> [ASSIGNMENT]: Output only the lines below that start at the line containing "place self.now <" and end at the line containing "self.x = column.max(1).min(self.size.w)", with both ends kept.
*** RECORDS PROVIDED Section Begins ***
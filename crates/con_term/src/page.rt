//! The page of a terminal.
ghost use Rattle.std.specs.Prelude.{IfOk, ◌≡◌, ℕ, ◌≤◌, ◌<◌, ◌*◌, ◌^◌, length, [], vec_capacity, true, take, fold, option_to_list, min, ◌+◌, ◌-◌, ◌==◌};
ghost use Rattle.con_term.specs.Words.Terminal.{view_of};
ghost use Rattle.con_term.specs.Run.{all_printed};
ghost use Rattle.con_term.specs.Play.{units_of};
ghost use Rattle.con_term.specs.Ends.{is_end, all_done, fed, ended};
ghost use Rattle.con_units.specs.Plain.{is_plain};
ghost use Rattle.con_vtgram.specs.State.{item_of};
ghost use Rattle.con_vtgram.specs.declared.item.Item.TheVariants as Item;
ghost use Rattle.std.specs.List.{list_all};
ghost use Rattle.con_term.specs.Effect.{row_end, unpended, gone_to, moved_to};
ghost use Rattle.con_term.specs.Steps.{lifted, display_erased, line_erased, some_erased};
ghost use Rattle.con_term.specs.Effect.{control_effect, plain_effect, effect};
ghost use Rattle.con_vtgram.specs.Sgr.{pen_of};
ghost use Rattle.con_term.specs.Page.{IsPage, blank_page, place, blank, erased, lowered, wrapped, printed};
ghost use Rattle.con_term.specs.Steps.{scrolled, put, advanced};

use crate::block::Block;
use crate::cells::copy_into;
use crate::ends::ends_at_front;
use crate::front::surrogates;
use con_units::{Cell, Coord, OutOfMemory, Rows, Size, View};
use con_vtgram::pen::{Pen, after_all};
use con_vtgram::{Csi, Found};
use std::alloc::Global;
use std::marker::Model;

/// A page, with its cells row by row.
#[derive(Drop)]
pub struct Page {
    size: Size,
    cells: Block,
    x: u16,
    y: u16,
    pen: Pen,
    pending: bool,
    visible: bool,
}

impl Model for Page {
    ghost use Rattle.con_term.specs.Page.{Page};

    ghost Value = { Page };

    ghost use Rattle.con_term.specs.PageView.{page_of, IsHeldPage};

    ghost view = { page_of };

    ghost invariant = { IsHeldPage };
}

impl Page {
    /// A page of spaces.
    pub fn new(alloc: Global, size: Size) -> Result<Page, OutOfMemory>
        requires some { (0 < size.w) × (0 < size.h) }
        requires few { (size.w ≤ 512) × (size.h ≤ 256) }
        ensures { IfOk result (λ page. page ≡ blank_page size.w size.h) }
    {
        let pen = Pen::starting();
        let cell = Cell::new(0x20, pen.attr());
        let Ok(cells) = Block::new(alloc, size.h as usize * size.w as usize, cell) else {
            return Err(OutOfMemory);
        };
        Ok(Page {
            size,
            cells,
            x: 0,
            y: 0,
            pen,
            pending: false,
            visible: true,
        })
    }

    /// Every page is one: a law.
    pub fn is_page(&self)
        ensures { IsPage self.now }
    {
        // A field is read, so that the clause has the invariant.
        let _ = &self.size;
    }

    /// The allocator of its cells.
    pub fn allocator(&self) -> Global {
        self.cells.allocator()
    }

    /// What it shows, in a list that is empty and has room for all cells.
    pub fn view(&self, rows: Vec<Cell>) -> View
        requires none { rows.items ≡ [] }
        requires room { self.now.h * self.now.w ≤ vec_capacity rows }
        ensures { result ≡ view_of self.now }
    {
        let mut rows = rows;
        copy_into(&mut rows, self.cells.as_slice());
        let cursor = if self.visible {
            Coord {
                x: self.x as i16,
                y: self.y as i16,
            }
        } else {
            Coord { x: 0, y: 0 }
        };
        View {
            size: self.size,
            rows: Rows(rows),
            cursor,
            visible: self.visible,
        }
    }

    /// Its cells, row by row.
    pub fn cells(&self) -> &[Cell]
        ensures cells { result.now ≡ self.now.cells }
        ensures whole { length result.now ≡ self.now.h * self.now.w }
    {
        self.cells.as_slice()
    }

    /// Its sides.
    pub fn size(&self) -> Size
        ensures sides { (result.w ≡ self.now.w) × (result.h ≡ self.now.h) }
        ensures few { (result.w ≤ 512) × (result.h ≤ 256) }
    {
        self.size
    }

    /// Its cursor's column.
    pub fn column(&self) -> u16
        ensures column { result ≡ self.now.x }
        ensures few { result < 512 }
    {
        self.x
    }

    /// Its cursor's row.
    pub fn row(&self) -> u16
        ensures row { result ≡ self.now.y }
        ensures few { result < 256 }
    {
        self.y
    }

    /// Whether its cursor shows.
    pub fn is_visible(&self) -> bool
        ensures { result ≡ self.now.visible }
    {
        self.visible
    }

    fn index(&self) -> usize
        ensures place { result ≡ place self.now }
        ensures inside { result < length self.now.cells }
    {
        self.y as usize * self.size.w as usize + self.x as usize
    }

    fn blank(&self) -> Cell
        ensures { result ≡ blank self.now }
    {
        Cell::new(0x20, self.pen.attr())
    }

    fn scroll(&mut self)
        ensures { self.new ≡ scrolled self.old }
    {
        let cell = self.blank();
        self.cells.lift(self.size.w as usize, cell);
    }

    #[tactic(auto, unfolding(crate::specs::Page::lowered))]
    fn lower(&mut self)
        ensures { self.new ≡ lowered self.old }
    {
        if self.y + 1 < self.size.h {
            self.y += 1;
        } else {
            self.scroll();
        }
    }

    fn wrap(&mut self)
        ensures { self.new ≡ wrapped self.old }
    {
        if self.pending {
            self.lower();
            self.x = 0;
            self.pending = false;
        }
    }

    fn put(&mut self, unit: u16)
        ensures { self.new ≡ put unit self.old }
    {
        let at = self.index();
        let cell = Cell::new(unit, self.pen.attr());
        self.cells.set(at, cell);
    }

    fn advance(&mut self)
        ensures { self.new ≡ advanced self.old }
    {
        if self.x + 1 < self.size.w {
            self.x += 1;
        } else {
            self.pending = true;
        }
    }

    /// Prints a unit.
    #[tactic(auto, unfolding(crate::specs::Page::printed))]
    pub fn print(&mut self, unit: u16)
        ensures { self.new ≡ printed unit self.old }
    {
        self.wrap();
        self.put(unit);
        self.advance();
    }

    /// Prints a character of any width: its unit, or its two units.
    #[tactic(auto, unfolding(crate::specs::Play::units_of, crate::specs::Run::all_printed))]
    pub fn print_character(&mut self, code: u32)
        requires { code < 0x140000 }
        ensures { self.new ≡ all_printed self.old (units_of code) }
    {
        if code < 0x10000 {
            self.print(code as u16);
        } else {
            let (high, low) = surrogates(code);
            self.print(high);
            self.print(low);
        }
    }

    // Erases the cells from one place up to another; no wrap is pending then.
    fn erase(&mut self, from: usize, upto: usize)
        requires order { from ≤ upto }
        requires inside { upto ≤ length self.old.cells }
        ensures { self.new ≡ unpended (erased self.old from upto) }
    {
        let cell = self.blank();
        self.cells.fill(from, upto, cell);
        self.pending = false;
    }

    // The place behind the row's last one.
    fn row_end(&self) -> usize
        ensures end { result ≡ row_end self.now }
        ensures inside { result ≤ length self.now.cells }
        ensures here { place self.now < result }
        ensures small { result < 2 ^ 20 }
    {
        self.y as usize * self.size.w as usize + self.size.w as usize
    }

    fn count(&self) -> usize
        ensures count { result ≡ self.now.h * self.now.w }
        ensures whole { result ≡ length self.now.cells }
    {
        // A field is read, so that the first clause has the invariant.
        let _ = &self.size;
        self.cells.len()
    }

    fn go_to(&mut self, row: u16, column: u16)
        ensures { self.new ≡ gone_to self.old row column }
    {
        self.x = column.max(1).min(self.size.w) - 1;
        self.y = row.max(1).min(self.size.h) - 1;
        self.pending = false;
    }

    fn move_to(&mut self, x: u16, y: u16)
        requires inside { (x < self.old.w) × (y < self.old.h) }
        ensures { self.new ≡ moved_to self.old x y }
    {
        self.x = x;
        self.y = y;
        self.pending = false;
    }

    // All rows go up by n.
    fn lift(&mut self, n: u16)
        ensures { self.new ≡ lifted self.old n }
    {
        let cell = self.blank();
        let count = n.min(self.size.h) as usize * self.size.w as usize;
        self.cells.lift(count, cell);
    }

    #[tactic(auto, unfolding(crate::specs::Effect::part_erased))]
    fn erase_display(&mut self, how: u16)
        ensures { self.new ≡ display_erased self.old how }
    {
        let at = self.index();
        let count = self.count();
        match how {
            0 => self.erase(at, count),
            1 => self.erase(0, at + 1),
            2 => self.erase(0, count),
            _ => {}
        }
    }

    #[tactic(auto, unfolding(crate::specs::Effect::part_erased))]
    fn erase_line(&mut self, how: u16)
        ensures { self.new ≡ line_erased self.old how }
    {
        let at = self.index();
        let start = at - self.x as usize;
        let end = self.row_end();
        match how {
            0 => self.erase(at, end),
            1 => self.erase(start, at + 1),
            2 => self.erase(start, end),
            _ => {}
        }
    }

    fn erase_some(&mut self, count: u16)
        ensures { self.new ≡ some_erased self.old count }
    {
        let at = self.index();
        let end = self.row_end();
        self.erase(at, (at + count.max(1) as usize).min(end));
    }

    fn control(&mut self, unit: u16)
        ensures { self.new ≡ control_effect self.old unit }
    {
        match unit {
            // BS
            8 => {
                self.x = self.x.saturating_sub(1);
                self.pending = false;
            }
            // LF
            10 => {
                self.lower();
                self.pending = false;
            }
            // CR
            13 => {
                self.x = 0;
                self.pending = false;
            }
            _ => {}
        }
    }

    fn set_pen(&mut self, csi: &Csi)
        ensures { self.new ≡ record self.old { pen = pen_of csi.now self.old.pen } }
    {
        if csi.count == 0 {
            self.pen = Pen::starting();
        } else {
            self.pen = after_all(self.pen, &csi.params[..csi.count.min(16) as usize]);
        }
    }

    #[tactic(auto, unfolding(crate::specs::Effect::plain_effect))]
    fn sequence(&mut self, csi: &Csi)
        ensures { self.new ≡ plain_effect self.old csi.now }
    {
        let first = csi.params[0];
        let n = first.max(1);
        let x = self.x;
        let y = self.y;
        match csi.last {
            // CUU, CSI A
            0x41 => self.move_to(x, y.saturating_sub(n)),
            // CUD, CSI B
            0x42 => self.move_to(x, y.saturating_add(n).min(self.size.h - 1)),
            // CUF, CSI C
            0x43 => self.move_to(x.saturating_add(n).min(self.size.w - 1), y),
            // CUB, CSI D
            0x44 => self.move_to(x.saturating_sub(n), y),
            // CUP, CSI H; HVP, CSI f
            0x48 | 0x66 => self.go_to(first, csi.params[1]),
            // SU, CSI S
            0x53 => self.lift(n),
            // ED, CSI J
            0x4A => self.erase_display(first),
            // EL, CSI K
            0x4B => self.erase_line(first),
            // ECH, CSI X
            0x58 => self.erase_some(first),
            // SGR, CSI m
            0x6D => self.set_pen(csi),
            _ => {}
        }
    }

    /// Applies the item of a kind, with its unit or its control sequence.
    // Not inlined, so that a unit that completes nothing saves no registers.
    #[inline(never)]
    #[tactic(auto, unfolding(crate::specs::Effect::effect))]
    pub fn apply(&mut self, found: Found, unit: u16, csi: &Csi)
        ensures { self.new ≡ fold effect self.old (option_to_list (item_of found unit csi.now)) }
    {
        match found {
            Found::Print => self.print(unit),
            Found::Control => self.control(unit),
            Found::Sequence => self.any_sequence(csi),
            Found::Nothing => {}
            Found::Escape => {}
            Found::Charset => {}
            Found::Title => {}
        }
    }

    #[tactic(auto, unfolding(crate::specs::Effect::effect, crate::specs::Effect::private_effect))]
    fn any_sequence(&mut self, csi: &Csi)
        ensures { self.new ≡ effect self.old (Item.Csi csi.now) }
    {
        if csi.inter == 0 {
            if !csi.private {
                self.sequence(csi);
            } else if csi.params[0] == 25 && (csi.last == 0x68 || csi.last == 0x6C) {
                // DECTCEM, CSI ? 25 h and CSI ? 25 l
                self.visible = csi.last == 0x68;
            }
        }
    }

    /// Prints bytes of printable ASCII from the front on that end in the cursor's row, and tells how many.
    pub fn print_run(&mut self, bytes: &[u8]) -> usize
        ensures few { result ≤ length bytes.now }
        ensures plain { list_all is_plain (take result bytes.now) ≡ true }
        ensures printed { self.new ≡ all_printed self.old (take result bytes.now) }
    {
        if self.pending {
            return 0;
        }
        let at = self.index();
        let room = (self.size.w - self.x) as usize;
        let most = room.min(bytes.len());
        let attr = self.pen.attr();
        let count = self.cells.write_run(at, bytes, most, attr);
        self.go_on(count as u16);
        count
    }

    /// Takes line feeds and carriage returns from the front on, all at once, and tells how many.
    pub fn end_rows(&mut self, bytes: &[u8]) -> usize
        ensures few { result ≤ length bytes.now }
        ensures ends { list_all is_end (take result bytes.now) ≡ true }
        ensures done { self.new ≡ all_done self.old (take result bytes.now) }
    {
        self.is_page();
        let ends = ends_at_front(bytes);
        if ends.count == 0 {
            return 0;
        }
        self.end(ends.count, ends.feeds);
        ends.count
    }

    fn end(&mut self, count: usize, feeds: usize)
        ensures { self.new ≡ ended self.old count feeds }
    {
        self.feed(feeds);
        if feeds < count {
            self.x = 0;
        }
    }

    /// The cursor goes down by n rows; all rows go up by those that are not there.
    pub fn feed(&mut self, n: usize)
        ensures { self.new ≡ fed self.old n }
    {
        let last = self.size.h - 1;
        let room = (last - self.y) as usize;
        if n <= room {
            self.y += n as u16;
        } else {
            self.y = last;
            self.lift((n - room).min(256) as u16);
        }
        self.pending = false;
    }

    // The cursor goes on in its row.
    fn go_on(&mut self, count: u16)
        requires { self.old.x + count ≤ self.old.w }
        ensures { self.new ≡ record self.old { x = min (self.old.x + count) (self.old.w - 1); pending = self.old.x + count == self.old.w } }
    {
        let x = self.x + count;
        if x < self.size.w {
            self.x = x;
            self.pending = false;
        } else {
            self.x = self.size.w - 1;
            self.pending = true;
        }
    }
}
*** RECORDS PROVIDED Section Ends ***
> [ANSWER SECTION]:
        ensures here { place self.now < result }
        ensures small { result < 2 ^ 20 }
    {
        self.y as usize * self.size.w as usize + self.size.w as usize
    }

    fn count(&self) -> usize
        ensures count { result ≡ self.now.h * self.now.w }
        ensures whole { result ≡ length self.now.cells }
    {
        // A field is read, so that the first clause has the invariant.
        let _ = &self.size;
        self.cells.len()
    }

    fn go_to(&mut self, row: u16, column: u16)
        ensures { self.new ≡ gone_to self.old row column }
    {
        self.x = column.max(1).min(self.size.w) - 1;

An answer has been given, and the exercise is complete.